The first issue, whether an expense qualifies as extraordinary, has not surprisingly been the subject of a great deal of litigation. Justice Voith summarizes the general principles as follows:
- The section 7 (1) list is exhaustive; the expense does not qualify if it is not listed (Clarke v. Clarke, 2014 BCSC 824, Kase v. Bazinet, 2011 ONCJ 718).
- If the expense falls under section 7 (1) (d), educational programs, or (f), extracurricular activities, the claimant must prove the expense is “extraordinary”.
- “Extraordinary expenses”, for the purpose of (1)(d) and (f), is defined in section (1.1) as:
- (a) where the expense exceeds the claimant’s ability to pay; and
- (b) where (a) does not apply, a proportionality analysis of factors accounting for ability to pay and the nature and circumstances of the activity.
- If the expense is listed, it must be necessary and reasonable (Clarke v. Clarke, Yensen v. Yensen, 2003 BCSC 1372)
- “necessary” means in relation to the child’s best interests;
- “reasonable” means in relation to the combined financial means of the parents, and child where appropriate, and the family’s pre-separation spending patterns.
- “reasonable” must be assessed in the context of a particular family (Richter v. Richter, 2010 BCSC 1578)
- Spending extraordinary amounts of money on sports/activities just because a child is talented will not always be reasonable (Richter v. Richter).
- In E.M. v. A.H.M., 2013 BCSC 827, the Court said: “It is not in the best interest of any child to see their parents’ finances become so compromised that they find themselves in financial difficulty and end up unable to give their children any future support. … It is healthy for children to learn about family limitations and family budgets.”
- Generally, recreational sports and similar activities are considered “ordinary” and the issue is whether the child’s participation goes beyond that of the “average child” (Clarke v.
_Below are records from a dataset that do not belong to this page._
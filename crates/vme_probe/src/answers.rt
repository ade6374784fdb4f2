//! What is written behind the lines of the changes.
ghost use Rattle.std.specs.Prelude.{◌≡◌, ◌+◌, ◌≤◌, ◌||◌, ◌++◌, ◌∷◌, [], IsTrue};
ghost use Rattle.arrayvec.specs.ArrayVec.{array_vec_len};
ghost use Rattle.vme_bus.specs.Sets.{has};
ghost use Rattle.vme_captures.specs.Signals.{is_change, is_line};
ghost use Rattle.vme_standings.specs.Standings.{is_nobody};
ghost use Rattle.vme_probe.specs.Ends.{AddsComing, interrupt_lines, next_changes, next_cycles, next_interrupts, next_lines, next_of, next_of_probe, next_pins, next_requests, next_strobes, pulled_line, request_lines, strobe_fall};
ghost use Rattle.vme_probe.specs.Stopped.{board_lines, board_obstacle, has_ours, is_ours_if, nobody_text, is_refused_by_ours, obstacle_if, obstacle_text, refused_text, stopped_text};
ghost use Rattle.vme_probe.specs.Ends.{IsEnd, IsPlaces, IsStanding, are_slots, is_probe};
ghost use Rattle.vme_probe.specs.Rooms.{boards_width, coming_width, interrupts_width, low_width, next_interrupts_width, next_lines_width, next_pins_width, next_requests_width, next_strobes_width, next_width, nobody_width, obstacle_width, refused_width, report_room, requests_width, standing_width};

use crate::conditions::obstacle;
use crate::lines::{
    Places, Report, push_cycle, push_grant, push_holder, push_impossible, push_low, push_may_come,
    push_none, push_places, push_possible,
};
use crate::obstacles::{Obstacle, no_driver_line, obstacle_line};
use crate::pins::{probe_at, segment_at};
use crate::texts::SLOTS;
use arrayvec::ArrayVec;
use vme_bus::SlotSet;
use vme_captures::{Change, Line, Probe, Signal, Value};
use vme_model::{ChainId, Cycle, Driver};
use vme_slots::Plan;
use vme_standings::grants::boards_of_level;
use vme_standings::{Drivers, GrantPhases, Probed, Standings};
use vme_text::push;
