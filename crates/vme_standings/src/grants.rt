//! The phases of the grants and BBSY* behind each change that the probes see, and who may have made
//! it. The phases that the edges without a probe lead to are in the set before.
ghost use Rattle.std.specs.Prelude.{◌≡◌, ◌==◌, ◌&&◌, ◌||◌, ◌<◌, ℕ, true, false, nat_lt, not};
ghost use Rattle.vme_bus.specs.Sets.{has};
ghost use Rattle.vme_model.specs.Signals.{is_two};
ghost use Rattle.vme_standings.specs.declared.phases.GrantPhase.{GrantPhase as PhaseValue};
ghost use Rattle.vme_standings.specs.GrantChains.{is_of_level};
ghost use Rattle.vme_standings.specs.Phases.{HasExactly, HasFree, has_phase, is_held_by, is_in_table};
ghost use Rattle.vme_standings.specs.declared.phases.GrantPhase.TheVariants.{Held};
ghost use Rattle.vme_standings.specs.Grants.{IsBehindRequest, are_alike, is_asked_above, behind_grant, behind_pass, behind_release, behind_rise, behind_take, can_release, held_behind_rise, is_asked, is_clear_due, is_granted, is_let_go, is_outranked, is_passed, is_picked, is_run_out, is_taken, may_end};
ghost use Rattle.std.specs.List.{list_any};
ghost use Rattle.vme_model.specs.Plan.{active, grant_chain};
ghost use Rattle.vme_model.specs.Rules.{is_pri};

use crate::chains::{end_place, followers, is_of_level, place_before, requester_at};
use crate::phases::{GrantPhases, row_if, with_if};
use vme_arbiter::{AnyPolicy, Policy};
use vme_bus::SlotSet;
use vme_model::{ArbiterKind, BusLevels, ChainId, Release, Version};
use vme_slots::Plan;

/// The set of one slot.
pub(crate) fn just(slot: u8) -> SlotSet
    requires { slot < 32 }
    ensures { (s : ℕ) → has result s ≡ (s == slot) }
{
    SlotSet::NONE.with(slot)
}

/// The boards of a level.
pub fn boards_of_level(plan: &Plan, level: u8) -> SlotSet
    ensures { (s : ℕ) → has result s ≡ is_of_level plan.now level s }
{
    plan.accepted();
    let mut boards = SlotSet::NONE;
    for slot in 0..22_u8 {
        boards = with_if(boards, slot, is_of_level(plan, level, slot));
    }
    boards
}

/// Whether both are so.
fn both(a: bool, b: bool) -> bool
    ensures { result ≡ (a && b) }
{
    a && b
}

/// Of these slots those whose board is of the level.
fn of_level(plan: &Plan, level: u8, slots: SlotSet) -> SlotSet
    ensures { (s : ℕ) → has result s ≡ (is_of_level plan.now level s && has slots s) }
{
    plan.accepted();
    let mut found = SlotSet::NONE;
    for slot in 0..22_u8 {
        let is_of_level = is_of_level(plan, level, slot);
        let is_held = slots.has(slot);
        let is_both = both(is_of_level, is_held);
        found = with_if(found, slot, is_both);
    }
    found
}

/// Whether the policy picks the level of these requests, with another level last granted.
pub(crate) fn is_picked(plan: &Plan, requests: BusLevels, last: u8, level: u8) -> bool
    ensures { result ≡ is_picked plan.now requests last level }
{
    match AnyPolicy::from(plan.arbiter()).pick(requests, last) {
        Some(picked) => picked == level,
        None => false,
    }
}

/// Whether the controller may grant the level: the bus may be idle with a level last granted behind
/// which the policy picks it.
pub(crate) fn is_granted(plan: &Plan, requests: BusLevels, level: u8, phases: &GrantPhases) -> bool
    ensures { result ≡ is_granted plan.now requests level phases.now }
{
    [0, 1, 2, 3].iter().any(|last| phases.is_idle_at(*last)
        && is_picked(plan, requests, *last, level))
}

/// The phases behind a fall of the controller's segment of a level's chain. It is the controller
/// that made it, if there are any.
pub fn behind_grant(
    plan: &Plan,
    requests: BusLevels,
    level: u8,
    phases: &GrantPhases,
) -> GrantPhases
    requires { level < 4 }
    ensures { HasExactly result (behind_grant plan.now requests level phases.now) }
{
    let mut behind = GrantPhases::none();
    if is_granted(plan, requests, level, phases) {
        behind.set_granting_row(level, just(0));
        return behind;
    }
    behind
}

/// Whether a board may pass a grant of the level on. The first version keeps the grant from getting
/// past the last board of its chain.
pub(crate) fn is_passed(
    plan: &Plan,
    version: Version,
    level: u8,
    slot: u8,
    phases: &GrantPhases,
) -> bool
    ensures { result ≡ is_passed plan.now version level slot phases.now }
{
    (version.is_two() || slot != end_place(plan, level))
        && is_of_level(plan, level, slot)
        && phases
            .granting_row(level)
            .has(place_before(plan, level, slot))
}

/// The phases behind a fall of a board's segment of a level's chain. It is the board that made it,
/// if there are any.
pub fn behind_pass(
    plan: &Plan,
    version: Version,
    level: u8,
    slot: u8,
    phases: &GrantPhases,
) -> GrantPhases
    requires level { level < 4 }
    requires slot { slot < 22 }
    ensures { HasExactly result (behind_pass plan.now version level slot phases.now) }
{
    let mut behind = GrantPhases::none();
    if is_passed(plan, version, level, slot, phases) {
        behind.set_granting_row(level, just(slot));
        return behind;
    }
    behind
}

/// Whether a segment of a level's chain may rise because nobody took the grant: in the second
/// version the controller's once the grant has passed the last board, and then one by one.
pub(crate) fn is_run_out(
    plan: &Plan,
    version: Version,
    level: u8,
    place: u8,
    phases: &GrantPhases,
) -> bool
    ensures { result ≡ is_run_out plan.now version level place phases.now }
{
    version.is_two()
        && if place == 0 {
            phases.granting_row(level).has(end_place(plan, level))
        } else {
            phases.expired_row(level).has(place)
        }
}

/// Whether a segment of a level's chain may rise because the board of a slot took the grant.
pub(crate) fn is_let_go(plan: &Plan, level: u8, place: u8, board: u8, phases: &GrantPhases) -> bool
    ensures { result ≡ is_let_go plan.now level place phases.now board }
{
    place < board && is_of_level(plan, level, board) && phases.held_row(board).has(place)
}

/// The phases behind a rise of a segment of a level's chain: the controller's, 0, or that of a
/// board. It is the driver of the segment that made it, if there are any.
pub fn behind_rise(
    plan: &Plan,
    version: Version,
    level: u8,
    place: u8,
    phases: &GrantPhases,
) -> GrantPhases
    requires { level < 4 }
    ensures { HasExactly result (behind_rise plan.now version level place phases.now) }
{
    let next = followers(plan, level, place);
    let mut behind = held_behind_rise(plan, level, place, next, phases);
    if is_run_out(plan, version, level, place, phases) {
        behind.set_expired_row(level, next);
        behind.set_idle(level, place == end_place(plan, level));
        return behind;
    }
    behind
}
Clarke, L.C. v. F.M.C., 2010 BCSC 1312).
- If an expense qualifies, the Court must ascertain the level of contribution that is appropriate under the circumstances. This analysis should focus on the following non-exhaustive factors:
- Existing contributions.
- Ability to pay.
- Nature of expense under the circumstances:
- Does it address a medical/health situation?
- Is it a one time or recurring expense?
- Is it an emergency expense?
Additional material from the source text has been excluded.